Shi Fan, Wang Tao, Wang Jiquan, Hui Beina, Chai Yanlan, Wang Juan, Liu Zi
Department of Radiation Oncology, First Affiliated Hospital of Xi'an Jiaotong University, Xi'an, Shaanxi 710061, P.R. China.
Oncol Lett. 2016 Sep;12(3):2008-2010. doi: 10.3892/ol.2016.4820. Epub 2016 Jul 7.

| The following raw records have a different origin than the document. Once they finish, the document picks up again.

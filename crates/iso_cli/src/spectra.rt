//! How many vertices the mesh of a grid has at each isovalue of a range.

ghost use Rattle.std.specs.Prelude.{◌≡◌, ◌^◌, ◌≤◌, flat_map, length, slice_index, unsigned_abs, None, IfOk, IfErr};
ghost use Rattle.iso_base.specs.Files.{bytes_of};
ghost use Rattle.iso_base.specs.Shelves.{IsSameShelf};
ghost use Rattle.lists.specs.Orders.{numbers};
ghost use Rattle.iso_model.specs.Cells.{HasDimension};
ghost use Rattle.iso_model.specs.Values.{IsRegularGrid};
ghost use Rattle.iso_commands.specs.Commands.{IsRange};
ghost use Rattle.edge_spectrum.specs.Spectrum.{iso_after, spectrum_of};
ghost use Rattle.iso_cli.specs.Axes.{axes_needed};
ghost use Rattle.iso_cli.specs.Outputs.{LeavesOutput};
ghost use Rattle.iso_cli.specs.Refusals.{IsRefusedFile, IsRefusedGrid};
ghost use Rattle.iso_cli.specs.Rests.{LeavesGridFile};
ghost use Rattle.iso_cli.specs.Shelves.{BlamesShelf, FailsOnlyFor};
ghost use Rattle.iso_cli.specs.Spectra.{HoldsGrid, count_line, spectrum_text};
ghost use Rattle.iso_cli.specs.Statuses.{IfDecided, IsOfGrid, IsOfPutting};

use crate::files::{Axes, read_grid};
use crate::output::put_bytes;
use crate::status::Status;
use arrayvec::ArrayString;
use cell_lattice::{CubeCell, Kind, PyramidCell, SimplexCell};
use edge_spectrum::spectrum;
use grid_split::{Complex, Split};
use iso_base::{Memory, Shelf, Sink};
use nrrd_raw::Grid;
use std::alloc::Global;

/// Reads the grid of a file, which is to have a dimension that cells of a kind have.
pub fn read_grid_for<S: Shelf>(
    alloc: Global,
    shelf: &mut S,
    name: &str,
    kind: Kind,
) -> Result<Grid, Status>
    ensures shelf { IsSameShelf S.faults S.files S.sound shelf.old shelf.new }
    ensures blamed { IfErr result (λ status. BlamesShelf status (S.faults shelf.old) (S.faults shelf.new)) }
    ensures missing { FailsOnlyFor (bytes_of (S.files shelf.old) name.now ≡ None) (S.sound shelf.old) result }
    ensures kinds { IfErr result IsOfGrid }
    ensures refused { IfDecided result (IsRefusedFile (S.files shelf.old) name.now (IsRefusedGrid (axes_needed kind))) }
    ensures left { IfErr result (LeavesGridFile (S.files shelf.old) name.now (axes_needed kind) (S.rest shelf.new)) }
    ensures held { IfOk result (HoldsGrid (S.files shelf.old) name.now kind) }
    ensures regular { IfOk result IsRegularGrid }
{
    read_grid(alloc, shelf, name, Axes::Of(kind))
}

/// Puts a line for each isovalue from one up to another, with the number of vertices that the mesh of the grid has
/// there.
pub fn put_spectrum<O: Sink>(
    alloc: Global,
    kind: Kind,
    grid: &Grid,
    from: i64,
    to: i64,
    out: &mut O,
) -> Status
    requires regular { IsRegularGrid grid.now }
    requires fits { HasDimension kind (length grid.now.sizes) }
    requires from { unsigned_abs from ≤ 2 ^ 40 }
    requires to { unsigned_abs to ≤ 2 ^ 40 }
    requires range { IsRange from to }
    ensures kinds { IsOfPutting result }
    ensures output { LeavesOutput O.faults O.bytes
        (λ text. text ≡ spectrum_text kind grid.now from to) result out.old out.new }
{
    match text_of(alloc, kind, grid, from, to) {
        Ok(bytes) => put_bytes(bytes.as_slice(), out),
        Err(Memory) => Status::Memory,
    }
}

// The lines.
fn text_of(alloc: Global, kind: Kind, grid: &Grid, from: i64, to: i64) -> Result<Vec<u8>, Memory>
    requires regular { IsRegularGrid grid.now }
    requires fits { HasDimension kind (length grid.now.sizes) }
    requires from { unsigned_abs from ≤ 2 ^ 40 }
    requires to { unsigned_abs to ≤ 2 ^ 40 }
    requires range { IsRange from to }
    ensures { IfOk result (λ bytes. bytes.items ≡ spectrum_text kind grid.now from to) }
{
    let counts = counts_of(alloc, kind, grid.dims, grid, from, to)?;
    lines(alloc, from, counts.as_slice())
}

// The number of vertices at each isovalue, where the grid has so many axes.
fn counts_of(
    alloc: Global,
    kind: Kind,
    dims: u8,
    grid: &Grid,
    from: i64,
    to: i64,
) -> Result<Vec<u64>, Memory>
    requires regular { IsRegularGrid grid.now }
    requires axes { length grid.now.sizes ≡ dims }
    requires fits { HasDimension kind dims }
    requires from { unsigned_abs from ≤ 2 ^ 40 }
    requires to { unsigned_abs to ≤ 2 ^ 40 }
    requires range { IsRange from to }
    ensures { IfOk result (λ counts. counts.items ≡ spectrum_of kind grid.now from to) }
{
    match (kind, dims) {
        (Kind::Cube, 2) => counts_by::<CubeCell<2>, 2>(alloc, grid, from, to),
        (Kind::Cube, 3) => counts_by::<CubeCell<3>, 3>(alloc, grid, from, to),
        (Kind::Cube, 4) => counts_by::<CubeCell<4>, 4>(alloc, grid, from, to),
        (Kind::Simplex, 2) => counts_by::<SimplexCell<2>, 2>(alloc, grid, from, to),
        (Kind::Simplex, 3) => counts_by::<SimplexCell<3>, 3>(alloc, grid, from, to),
        (Kind::Simplex, 4) => counts_by::<SimplexCell<4>, 4>(alloc, grid, from, to),
        (Kind::Pyramid, 3) => counts_by::<PyramidCell, 3>(alloc, grid, from, to),
        _ => unreachable!(),
    }
}

// The same, where the cells are known.
fn counts_by<C: Split<D>, const D: usize>(
    alloc: Global,
    grid: &Grid,
    from: i64,
    to: i64,
) -> Result<Vec<u64>, Memory>
    requires regular { IsRegularGrid grid.now }
    requires axes { length grid.now.sizes ≡ D }
    requires from { unsigned_abs from ≤ 2 ^ 40 }
    requires to { unsigned_abs to ≤ 2 ^ 40 }
    requires range { IsRange from to }
    ensures { IfOk result (λ counts. counts.items ≡ spectrum_of C.KIND grid.now from to) }
{
    let complex = Complex::<C, D>::new(sizes_of(grid));
    spectrum(alloc, &complex, grid, from, to)
}

// The sizes of a grid of D axes.
fn sizes_of<const D: usize>(grid: &Grid) -> [u64; D]
    requires { length grid.now.sizes ≡ D }
    ensures { result ≡ grid.now.sizes }
{
    let stated = &grid.sizes[..D];
    let mut sizes = [1; D];
    for axis in 0..D {
        sizes[axis] = stated[axis];
    }
    sizes
}

// A line for each of the counts, which are those of the isovalues from one on.
fn lines(alloc: Global, from: i64, counts: &[u64]) -> Result<Vec<u8>, Memory>
    requires from { unsigned_abs from ≤ 2 ^ 40 }
    requires few { length counts.now ≤ 65536 }
    ensures { IfOk result (λ bytes. bytes.items
        ≡ flat_map (λ i. count_line (iso_after from i) (slice_index counts.now i)) (numbers (length counts.now))) }
{
    let mut bytes = Vec::new(alloc);
    for i in 0..counts.len() {
        let line = line_of(from + i as i64, counts[i]);
        let Ok(()) = bytes.extend_from_slice(line.as_str().as_bytes()) else {
            return Err(Memory);
        };
    }
    Ok(bytes)
}

// The line of an isovalue with a count.
fn line_of(iso: i64, count: u64) -> ArrayString<64>
    ensures { result.bytes ≡ count_line iso count }
{
    let mut line = ArrayString::new();
    let mut digits = itoa::Buffer::new();
    line.push_str(digits.format(iso));
    line.push_str(" ");
    let mut digits = itoa::Buffer::new();
    line.push_str(digits.format(count));
    line.push_str("\n");
    line
}
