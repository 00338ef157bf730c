//! Heads of commands that make a word of a morphism or of another word.
ghost use Rattle.std.specs.Prelude.{◌≡◌, true};
ghost use Rattle.command_head.specs.Parts.{is_name as is_name_part};
ghost use Rattle.command_head.specs.Grammar.{DerivesPromote, DerivesImage, DerivesConvert};
ghost use Rattle.command_head.specs.HeadViews.{promote_view, image_view, convert_view};
ghost use Rattle.command_head.specs.Breaks.{HasHead};

use crate::fault::HeadFault;
use crate::head::{ConvertParts, ImageParts, PromoteParts};
use crate::kinds::{after_word, at_end, name_in, system_in, word_in};
use crate::stage::name_of;
use std::alloc::Global;

/// The parts of `promote WORD NAME`. Blanks are between the parts.
///
/// # Errors
/// `Syntax` gives the first byte of the first part that does not go on so, or the text's length where it ends too
/// early; `Number` is never given, since no number may be in such a head.
pub fn promote_parts(alloc: Global, text: &[u8]) -> Result<PromoteParts, HeadFault>
    ensures { HasHead DerivesPromote promote_view text.now result }
{
    let rest = after_word(b"promote", text)?;
    let first = rest.first_part();
    let word = word_in(&first)?;
    let second = first.rest.first_part();
    let morphism = name_in(&second)?;
    at_end(&second.rest)?;
    Ok(PromoteParts {
        word: name_of(alloc, word)?,
        morphism: name_of(alloc, morphism)?,
    })
}

/// The parts of `WORD WORD NAME WORD`, for a first word of the form of a name: the new word, what maps the letters, and the
/// old word. Blanks are between the parts.
///
/// # Errors
/// `Syntax` gives the first byte of the first part that does not go on so, or the text's length where it ends too
/// early; `Number` is never given, since no number may be in such a head.
pub fn image_parts(alloc: Global, word: &[u8], text: &[u8]) -> Result<ImageParts, HeadFault>
    requires { is_name_part word.now ≡ true }
    ensures { HasHead (DerivesImage word.now) image_view text.now result }
{
    let rest = after_word(word, text)?;
    let first = rest.first_part();
    let new = word_in(&first)?;
    let second = first.rest.first_part();
    let mapping = name_in(&second)?;
    let third = second.rest.first_part();
    let old = word_in(&third)?;
    at_end(&third.rest)?;
    Ok(ImageParts {
        word: name_of(alloc, new)?,
        mapping: name_of(alloc, mapping)?,
        old: name_of(alloc, old)?,
    })
}

/// The parts of `convert WORD SYSTEM WORD`. Blanks are between the parts.
///
/// # Errors
/// `Syntax` gives the first byte of the first part that does not go on so, or the text's length where it ends too
/// early; `Number` is never given, since no number may be in such a head.
pub fn convert_parts(alloc: Global, text: &[u8]) -> Result<ConvertParts, HeadFault>
    ensures { HasHead DerivesConvert convert_view text.now result }
{
    let rest = after_word(b"convert", text)?;
    let first = rest.first_part();
    let word = word_in(&first)?;
    let second = first.rest.first_part();
    let system = system_in(&second)?;
    let last = second.rest.first_part();
    let old = word_in(&last)?;
    at_end(&last.rest)?;
    Ok(ConvertParts {
        word: name_of(alloc, word)?,
        system: name_of(alloc, system)?,
        old: name_of(alloc, old)?,
    })
}
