ghost use Rattle.std.specs.Prelude.{◌≡◌, ◌-◌, length};
ghost use Rattle.command_head.specs.Parts.{after_blanks as rest_after_blanks};

use text_grammar::{Class, prefix_len};

/// The byte of a text of `whole` bytes at which its rest begins.
pub(crate) fn place(whole: usize, rest: &[u8]) -> usize
    ensures { result ≡ whole - length rest.now }
{
    whole.saturating_sub(rest.len())
}

/// The bytes after the leading blanks.
pub(crate) fn after_blanks(bytes: &[u8]) -> &[u8]
    ensures { result.now ≡ rest_after_blanks bytes.now }
{
    &bytes[prefix_len(Class::Blank, bytes)..]
}
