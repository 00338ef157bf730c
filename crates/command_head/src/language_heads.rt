//! Heads of commands that make a language of others.
ghost use Rattle.std.specs.Prelude.{◌≡◌, true};
ghost use Rattle.command_head.specs.Parts.{is_name as is_name_part};
ghost use Rattle.command_head.specs.Grammar.{DerivesLanguages, DerivesLanguage};
ghost use Rattle.command_head.specs.HeadViews.{languages_view};
ghost use Rattle.command_head.specs.Breaks.{HasHead};

use crate::fault::HeadFault;
use crate::head::LanguagesParts;
use crate::kinds::{after_word, at_end, name_in};
use crate::stage::name_of;
use std::alloc::Global;

/// The parts of `WORD NAME NAME ..`, for a word of the form of a name: a new name, and one or more other names. Blanks
/// are between the parts.
///
/// # Errors
/// `Syntax` gives the first byte of the first part that does not go on so, or the text's length where it ends too
/// early; `Number` is never given, since no number may be in such a head.
pub fn languages_parts(alloc: Global, word: &[u8], text: &[u8]) -> Result<LanguagesParts, HeadFault>
    requires { is_name_part word.now ≡ true }
    ensures { HasHead (DerivesLanguages word.now) languages_view text.now result }
{
    let suffix = after_word(word, text)?;
    let first = suffix.first_part();
    let name = name_in(&first)?;
    let mut rest = first.rest;
    let mut languages = Vec::new(alloc);
    'languages: while languages.is_empty() || !rest.bytes.is_empty() {
        let part = rest.first_part();
        let language = name_in(&part)?;
        languages.push(name_of(alloc, language)?)?;
        rest = part.rest;
    }
    Ok(LanguagesParts {
        name: name_of(alloc, name)?,
        languages,
    })
}

/// The parts of `WORD NAME NAME`, for a word of the form of a name: a new name, and another name. Blanks are between the
/// parts.
///
/// # Errors
/// `Syntax` gives the first byte of the first part that does not go on so, or the text's length where it ends too
/// early; `Number` is never given, since no number may be in such a head.
pub fn language_parts(alloc: Global, word: &[u8], text: &[u8]) -> Result<LanguagesParts, HeadFault>
    requires { is_name_part word.now ≡ true }
    ensures { HasHead (DerivesLanguage word.now) languages_view text.now result }
{
    let rest = after_word(word, text)?;
    let first = rest.first_part();
    let name = name_in(&first)?;
    let second = first.rest.first_part();
    let language = name_in(&second)?;
    at_end(&second.rest)?;
    let mut languages = Vec::new(alloc);
    languages.push(name_of(alloc, language)?)?;
    Ok(LanguagesParts {
        name: name_of(alloc, name)?,
        languages,
    })
}
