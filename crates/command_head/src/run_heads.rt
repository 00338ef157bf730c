//! Heads of commands that load a file or end a run.
ghost use Rattle.std.specs.Prelude.{◌≡◌, true};
ghost use Rattle.command_head.specs.Parts.{is_name as is_name_part};
ghost use Rattle.command_head.specs.Grammar.{DerivesLoad, DerivesAlone};
ghost use Rattle.command_head.specs.Breaks.{HasHead};

use crate::fault::HeadFault;
use crate::kinds::{after_word, at_end, file_in};
use crate::stage::name_of;
use digit_tuple::name::Name;
use std::alloc::Global;

/// The name in `load NAME` or `load NAME.txt`. Blanks are between the parts.
///
/// # Errors
/// `Syntax` gives the first byte of the first part that does not go on so, or the text's length where it ends too
/// early; `Number` is never given, since no number may be in such a head.
pub fn load_name(alloc: Global, text: &[u8]) -> Result<Name, HeadFault>
    ensures { HasHead DerivesLoad (λ name. name) text.now result }
{
    let rest = after_word(b"load", text)?;
    let file = rest.first_part();
    let name = file_in(&file)?;
    at_end(&file.rest)?;
    name_of(alloc, name)
}

/// Whether a text is this word alone. Blanks may come after it.
///
/// # Errors
/// `Syntax` gives the first byte of what is not the word, or comes after it.
pub fn word_alone(word: &[u8], text: &[u8]) -> Result<(), HeadFault>
    requires { is_name_part word.now ≡ true }
    ensures { HasHead (DerivesAlone word.now) (λ done. done) text.now result }
{
    let rest = after_word(word, text)?;
    at_end(&rest)
}
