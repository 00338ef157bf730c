//! Heads that are a word, a name and a quoted text.
ghost use Rattle.std.specs.Prelude.{◌≡◌, true};
ghost use Rattle.command_head.specs.Parts.{is_name as is_name_part};
ghost use Rattle.command_head.specs.Grammar.{DerivesNamed};
ghost use Rattle.command_head.specs.HeadViews.{named_view};
ghost use Rattle.command_head.specs.Breaks.{HasHead};

use crate::fault::HeadFault;
use crate::head::NamedParts;
use crate::kinds::{after_word, at_end, body_in, name_in};
use crate::stage::name_of;
use std::alloc::Global;

/// The parts of `WORD NAME "TEXT"`, for a word of the form of a name. Blanks may be between the parts, and one comes
/// before the name.
///
/// # Errors
/// `Syntax` gives the first byte of the first part that does not go on so, or the text's length where it ends too
/// early; `Number` is never given, since no number may be in such a head.
pub fn named_parts<'a>(
    alloc: Global,
    word: &[u8],
    text: &'a [u8],
) -> Result<NamedParts<'a>, HeadFault>
    requires { is_name_part word.now ≡ true }
    ensures { HasHead (DerivesNamed word.now) named_view text.now result }
{
    let rest = after_word(word, text)?;
    let name = rest.first_part();
    let bytes = name_in(&name)?;
    let quoted = name.rest.first_part();
    let body = body_in(&quoted)?;
    at_end(&quoted.rest)?;
    Ok(NamedParts {
        name: name_of(alloc, bytes)?,
        body,
    })
}
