ghost use Rattle.std.specs.Prelude.{◌≡◌, ◌<◌, ◌≤◌, length, true};
ghost use Rattle.command_head.specs.Parts.{begins_with_value as value_first, begins_with_ending as ending_first, ending_len as len_of_ending, quoted_len as len_of_quoted, part_len as len_of_part, is_name as is_name_part, is_word as is_word_part, is_quoted as is_quoted_part, unquoted as inside_quotes};

use text_grammar::{Class, all_in, begins_in, begins_with, number_len, prefix_len, unsigned};

/// The greatest length of a name.
const LONGEST_NAME: usize = 64;

/// Whether `=` and a number come first.
fn begins_with_value(bytes: &[u8]) -> bool
    ensures { result ≡ value_first bytes.now }
{
    begins_with(b'=', bytes) && begins_in(Class::Digit, unsigned(&bytes[1..]))
}

/// Whether `.txt` comes first.
fn begins_with_ending(bytes: &[u8]) -> bool
    ensures { result ≡ ending_first bytes.now }
{
    match bytes {
        [b'.', b't', b'x', b't', ..] => true,
        _ => false,
    }
}

/// How many of the bytes after a name are of the same part: `NAME=V` and `NAME.txt` are one.
fn ending_len(bytes: &[u8]) -> usize
    ensures len { result ≡ len_of_ending bytes.now }
    ensures within { result ≤ length bytes.now }
{
    if begins_with_value(bytes) {
        1 + number_len(&bytes[1..])
    } else if begins_with_ending(bytes) {
        4
    } else {
        0
    }
}

/// How long a text in quotes is, which ends with the bytes where it lacks its second quote.
fn quoted_len(bytes: &[u8]) -> usize
    requires { 0 < length bytes.now }
    ensures { result ≡ len_of_quoted bytes.now }
{
    (prefix_len(Class::Unquoted, &bytes[1..]) + 2).min(bytes.len())
}

/// How long the part is that comes first.
#[tactic(auto, unfolding(crate::specs::Parts::part_len))]
pub(crate) fn part_len(bytes: &[u8]) -> usize
    requires { 0 < length bytes.now }
    ensures len { result ≡ len_of_part bytes.now }
    ensures within { result ≤ length bytes.now }
{
    if begins_in(Class::Letter, bytes) {
        let len = prefix_len(Class::NameByte, bytes);
        len + ending_len(&bytes[len..])
    } else if begins_in(Class::Digit, unsigned(bytes)) {
        number_len(bytes)
    } else if begins_with(b'"', bytes) {
        quoted_len(bytes)
    } else {
        1
    }
}

/// Whether a part is a name.
pub(crate) fn is_name(part: &[u8]) -> bool
    ensures { result ≡ is_name_part part.now }
{
    begins_in(Class::Letter, part) && all_in(Class::NameByte, part) && part.len() <= LONGEST_NAME
}

/// Whether a part is a name that may name a word: it begins with none of `A`, `E` and `I`.
pub(crate) fn is_word(part: &[u8]) -> bool
    ensures { result ≡ is_word_part part.now }
{
    is_name(part)
        && !(begins_with(b'A', part) || begins_with(b'E', part) || begins_with(b'I', part))
}

/// Whether a part is a text in quotes.
pub(crate) fn is_quoted(part: &[u8]) -> bool
    ensures { result ≡ is_quoted_part part.now }
{
    if !begins_with(b'"', part) {
        return false;
    }
    let text = &part[1..];
    let suffix = &text[prefix_len(Class::Unquoted, text)..];
    suffix == b"\"".as_slice()
}

/// What is in the quotes of a part.
pub(crate) fn unquoted(part: &[u8]) -> &[u8]
    requires { is_quoted_part part.now ≡ true }
    ensures { result.now ≡ inside_quotes part.now }
{
    let text = &part[1..];
    &text[..prefix_len(Class::Unquoted, text)]
}
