//! The heads of `combine` commands.
ghost use Rattle.std.specs.Prelude.{◌<◌, ◌+◌, ◌^◌, length, MatchResult, IfOk};
ghost use Rattle.command_head.specs.Values.{RefusesValued};
ghost use Rattle.command_head.specs.Grammar.{DerivesValued, DerivesCombine};
ghost use Rattle.command_head.specs.HeadViews.{IsReadAs, valued_view, combine_view};
ghost use Rattle.command_head.specs.Breaks.{HasHead};

use crate::fault::HeadFault;
use crate::head::{CombineParts, ValuedName};
use crate::kinds::{after_word, word_in};
use crate::parts::is_name;
use crate::rest::FirstPart;
use crate::stage::name_of;
use std::alloc::Global;
use text_grammar::{Class, begins_with, is_number, number_of, prefix_len};

/// What follows a name in its part.
enum ValueText {
    /// Nothing, or `=` and a number of 32 bits, signed.
    Given(Option<i32>),
    /// `=` and a number that does not fit.
    Long,
    /// Neither.
    Other,
}

/// What these bytes are, which come after a name in its part.
fn value_text(suffix: &[u8]) -> ValueText
    ensures { IsReadAs suffix.now result }
{
    if suffix.is_empty() {
        return ValueText::Given(None);
    }
    if !begins_with(b'=', suffix) || !is_number(&suffix[1..]) {
        return ValueText::Other;
    }
    match number_of(&suffix[1..]) {
        Some(number) => ValueText::Given(Some(number)),
        None => ValueText::Long,
    }
}

/// The automaton that a part has to be: a name, alone or with `=` and a number after it.
fn valued_name(alloc: Global, part: &FirstPart<'_>) -> Result<ValuedName, HeadFault>
    requires { part.now.at + length part.now.bytes.now < 2 ^ 64 }
    ensures { MatchResult result (λ valued. DerivesValued part.now.bytes.now (valued_view valued)) (RefusesValued part.now.bytes.now part.now.at) }
{
    let (name, suffix) = part.bytes.split_at(prefix_len(Class::NameByte, part.bytes));
    if !is_name(name) {
        return Err(HeadFault::Syntax(part.at));
    }
    match value_text(suffix) {
        ValueText::Given(value) => Ok(ValuedName {
            name: name_of(alloc, name)?,
            value,
        }),
        ValueText::Long => Err(HeadFault::Number(part.at + name.len() + 1)),
        ValueText::Other => Err(HeadFault::Syntax(part.at)),
    }
}

/// The parts of `combine WORD NAME[=V] ..`, with one automaton or more. Blanks are between the parts, and none inside
/// `NAME=V`. The text is shorter than 2^32 bytes.
///
/// # Errors
/// `Syntax` gives the first byte of the first part that does not go on so, or the text's length where it ends too
/// early; `Number` that of a value that does not fit 32 bits, signed. The first such part decides.
pub fn combine_parts(alloc: Global, text: &[u8]) -> Result<CombineParts, HeadFault>
    requires { length text.now < 2 ^ 32 }
    ensures head { HasHead DerivesCombine combine_view text.now result }
    // Each place of the list, counted from 1, is a number of 32 bits, signed.
    ensures few { IfOk result (λ parts. length parts.automata.items < 2 ^ 31) }
{
    let suffix = after_word(b"combine", text)?;
    let first = suffix.first_part();
    let word = word_in(&first)?;
    let mut rest = first.rest;
    let mut automata = Vec::new(alloc);
    'automata: while automata.is_empty() || !rest.bytes.is_empty() {
        let part = rest.first_part();
        automata.push(valued_name(alloc, &part)?)?;
        rest = part.rest;
    }
    Ok(CombineParts {
        word: name_of(alloc, word)?,
        automata,
    })
}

The occurrence of a peritoneal bladder fistula as a result of radiation cystitis following radiotherapy for cervical cancer is extremely rare and, to the best of our knowledge, has not been reported previously. The present study reports the case of a 50-year-old woman who was diagnosed with cervical cancer 20 years previously and was treated with radiotherapy. The patient was diagnosed with radiation cystitis 10 years ago, which was treated with Chinese medicine, and began experiencing sudden abdominal pain and bowel difficulties following urination 3 years ago. B-ultrasound examination at The People's Hospital of Tongchuan (Tongchuan, China) detected the presence of abdominal pelvic fluid. Following antibiotic (levofloxacin for 5 days) and ascites extraction treatment, symptoms were relieved without recurrence. However, 5 days prior to admission to the First Affiliated Hospital of Xi'an Jiatong University (Xi'an, China) on June 25, 2014, the patient experienced difficulty when urinating, abdominal pain and bloating, but did not experience frequent urination, hematuria or fever. Cystoscopic examination revealed a visible fistula on the bladder wall measuring 1×1 cm in diameter. Cytoscopic examination 1 month after catheterization and ascites extraction revealed no evidence of the fistula. The patient was followed up every 3 months for a year and a half, and is currently alive and well. In conclusion, the occurrence of peritoneal bladder fistula following radiation therapy is rare and cystoscopy is the preferred method of examination and diagnosis. Early detection and treatment may significantly improve the prognosis of patients.
宫颈癌放疗后因放射性膀胱炎导致腹膜膀胱瘘的情况极为罕见,据我们所知,此前尚未有相关报道。本研究报告了一例50岁女性病例,该患者20年前被诊断为宫颈癌并接受了放疗。患者10年前被诊断为放射性膀胱炎,接受了中医治疗,3年前开始在排尿后出现突发腹痛和排便困难。铜川市人民医院(中国铜川)的B超检查发现腹腔盆腔有积液。经过抗生素治疗(左氧氟沙星5天)和抽取腹水治疗后,症状缓解且未复发。然而,在2014年6月25日入住西安交通大学第一附属医院(中国西安)的5天前,患者出现排尿困难、腹痛和腹胀,但无尿频、血尿或发热症状。膀胱镜检查发现膀胱壁上有一个直径为1×1厘米的可见瘘管。插管和抽取腹水1个月后的膀胱镜检查未发现瘘管迹象。对该患者进行了一年半的每3个月一次的随访,患者目前健在。总之,放疗后腹膜膀胱瘘的发生较为罕见,膀胱镜检查是首选的检查和诊断方法。早期发现和治疗可显著改善患者的预后。